Brito lembra que um outro levantamento feito no Rio, em 2002, já mostrou resultados semelhantes. Realizado com pessoas que morreram por dengue hemorrágica, o estudo indicou que 52% delas tinham apresentado a variante durante a primeira infecção.

Mudança de parâmetros

Para o médico, se a suspeita gerada por seu estudo for confirmada, ela pode mudar toda a forma de lidar com a doença. “Hoje raciocinamos a dengue por conta da resposta imune que ela causa na segunda infecção.

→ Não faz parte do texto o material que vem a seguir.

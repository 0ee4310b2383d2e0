ghost use Rattle.std.specs.Prelude.{◌≡◌, ℕ, List, Option, None, IfOk};
ghost use Rattle.std.specs.declared.io.ErrorKind.{ErrorKind as ErrorKindValue};
ghost use Rattle.wf_disk.specs.Moments.{Elapses, LeavesNow, AreNested, LeavesOldOrNew};
ghost use Rattle.wf_disk.specs.Folder.{Folder, MayLeave, bytes_in};
ghost use Rattle.wf_disk.specs.Call.{Open, Make, Append, Sync, Rename, SyncNames, Read, IsLeft, IsCounted, IsNotOutOfMemory, error_of};

use crate::fault::DiskFault;
use crate::folder::Name;
use std::alloc::Global;
use std::io::ErrorKind;

/// A disk: one folder with a file under its own name and one under a second name.
///
/// Model: the folder, what a power cut at each earlier moment could have left under the own name,
/// those inside a call included, and the count of the device's failures. The contracts about the
/// folder and the moments hold of a durable disk. Honesty is a property of the type, so no call
/// changes it.
pub trait Disk {
    /// The disk does what its calls say.
    ghost durable: { Type 0 };

    /// The two files, and what a power cut may put back.
    ghost folder: { Self → Folder };

    /// The number of times that the device has failed.
    ghost failed: { Self → ℕ };

    /// What the system said of the last failure. None: nothing.
    ghost said: { Self → Option ErrorKindValue } = { λ _. None };

    /// The moment now, as a number that doesn't fall: each change ends a moment.
    ghost moment: { Self → ℕ };

    /// What a power cut at this moment or a later one, up to now, could have left under the own
    /// name, inside a call or between two.
    ghost left_since: { Self → ℕ → List ℕ → Type 0 };

    /// Opens the own file, and makes it if it is absent. Call it once, before the others.
    fn open(&mut self) -> Result<(), DiskFault>
        ensures leaves { durable →
            IsLeft Open (folder self.old) (error_of result) (folder self.new) }
        ensures time { durable → Elapses
            (moment self.old) (moment self.new) (left_since self.old) (left_since self.new) }
        ensures inside { durable → LeavesOldOrNew (MayLeave (folder self.old))
            (MayLeave (folder self.new)) (left_since self.new (moment self.old)) }
        ensures cause { IsCounted (failed self.old) (failed self.new) result };

    /// Makes the second file, without bytes. One that is left over is emptied.
    fn make(&mut self) -> Result<(), DiskFault>
        ensures leaves { durable →
            IsLeft Make (folder self.old) (error_of result) (folder self.new) }
        ensures time { durable → Elapses
            (moment self.old) (moment self.new) (left_since self.old) (left_since self.new) }
        ensures inside { durable → LeavesOldOrNew (MayLeave (folder self.old))
            (MayLeave (folder self.new)) (left_since self.new (moment self.old)) }
        ensures cause { IsCounted (failed self.old) (failed self.new) result };

    /// Appends bytes to a file. They aren't synced.
    fn append(&mut self, name: Name, bytes: &[u8]) -> Result<(), DiskFault>
        ensures leaves { durable →
            IsLeft (Append name bytes.now) (folder self.old) (error_of result) (folder self.new) }
        ensures time { durable → Elapses
            (moment self.old) (moment self.new) (left_since self.old) (left_since self.new) }
        ensures inside { durable → LeavesOldOrNew (MayLeave (folder self.old))
            (MayLeave (folder self.new)) (left_since self.new (moment self.old)) }
        ensures cause { IsCounted (failed self.old) (failed self.new) result };

    /// Syncs a file's bytes, unless an earlier sync of it failed: then it may return Ok and leave
    /// them as they are. Doesn't allocate.
    fn sync(&mut self, name: Name) -> Result<(), DiskFault>
        ensures leaves { durable →
            IsLeft (Sync name) (folder self.old) (error_of result) (folder self.new) }
        ensures memory { IsNotOutOfMemory result }
        ensures time { durable → Elapses
            (moment self.old) (moment self.new) (left_since self.old) (left_since self.new) }
        ensures inside { durable → LeavesOldOrNew (MayLeave (folder self.old))
            (MayLeave (folder self.new)) (left_since self.new (moment self.old)) }
        ensures cause { IsCounted (failed self.old) (failed self.new) result };

    /// Gives the second file the own name. The file that had it goes, and until the names are
    /// synced a power cut may put it back.
    fn rename(&mut self) -> Result<(), DiskFault>
        ensures leaves { durable →
            IsLeft Rename (folder self.old) (error_of result) (folder self.new) }
        ensures time { durable → Elapses
            (moment self.old) (moment self.new) (left_since self.old) (left_since self.new) }
        ensures inside { durable → LeavesOldOrNew (MayLeave (folder self.old))
            (MayLeave (folder self.new)) (left_since self.new (moment self.old)) }
        ensures cause { IsCounted (failed self.old) (failed self.new) result };

    /// Syncs the folder, and so which file has which name. Doesn't allocate.
    fn sync_names(&mut self) -> Result<(), DiskFault>
        ensures leaves { durable →
            IsLeft SyncNames (folder self.old) (error_of result) (folder self.new) }
        ensures memory { IsNotOutOfMemory result }
        ensures time { durable → Elapses
            (moment self.old) (moment self.new) (left_since self.old) (left_since self.new) }
        ensures inside { durable → LeavesOldOrNew (MayLeave (folder self.old))
            (MayLeave (folder self.new)) (left_since self.new (moment self.old)) }
        ensures cause { IsCounted (failed self.old) (failed self.new) result };

    /// The bytes of the own file.
    fn read(&mut self, alloc: Global) -> Result<Vec<u8>, DiskFault>
        ensures ok { durable →
            IfOk result (λ bytes. bytes.items ≡ bytes_in (folder self.old).own) }
        ensures leaves { durable →
            IsLeft Read (folder self.old) (error_of result) (folder self.new) }
        ensures time { durable → Elapses
            (moment self.old) (moment self.new) (left_since self.old) (left_since self.new) }
        ensures inside { durable → LeavesOldOrNew (MayLeave (folder self.old))
            (MayLeave (folder self.new)) (left_since self.new (moment self.old)) }
        ensures cause { IsCounted (failed self.old) (failed self.new) result };

    /// The number of times that the device has failed. It saturates.
    fn failures(&self) -> u64
        ensures { result ≡ failed self.now };

    /// What the system said of the last failure of the device. None: it hasn't failed, or no system
    /// said why.
    fn cause(&self) -> Option<ErrorKind>
        ensures { result ≡ said self.now };

    /// Since this moment there was no other.
    ghost is_now: { durable → (disk : Self) →
        LeavesNow (MayLeave (folder disk)) (left_since disk (moment disk)) };

    /// What could have been left since a moment, could since an earlier one.
    ghost nested: { durable → (disk : Self) → AreNested (left_since disk) };
}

Se o vírus realmente estiver causando sintomas mais severos logo na primeira infecção, teremos de reavaliar os mecanismos dos vírus”, diz.

Isso aumenta, inclusive, a necessidade de identificar mais rapidamente que o paciente pode ter a dengue hemorrágica. Nos primeiros dias de infecção, os sintomas das duas variantes da dengue são bastante similares. Quando eles se diferenciam, lá pelo quinto dia, o paciente já está debilitado, e aumenta o risco de morte.

O virologista Paulo Zanotto, da Rede de Diversidade Genética de Vírus, também concorda que existe a possibilidade de o patógeno da dengue estar se tornando mais agressivo.

Ele não participou do estudo da Fiocruz, mas vem avaliando há evolução da dengue há alguns anos. “Ao pensarmos em um cenário em que há uma competição entre as linhagens do vírus, como é o que vemos hoje, é plausível, sim, que eles se tornem mais virulentos. Os dados de Recife pedem atenção”, afirma Zanotto.

Mas ele pondera que para confirmar é preciso analisar a evolução do vírus, de modo a mapear a expansão da doença e identificar exatamente quem está por trás disso.

A equipe de Zanotto desenvolveu uma tecnologia que poderia ajudar a responder essa pergunta. A metodologia, em fase piloto, está sendo testada em São José do Rio Preto, interior de São Paulo, e promete o monitoramento da epidemia em tempo real.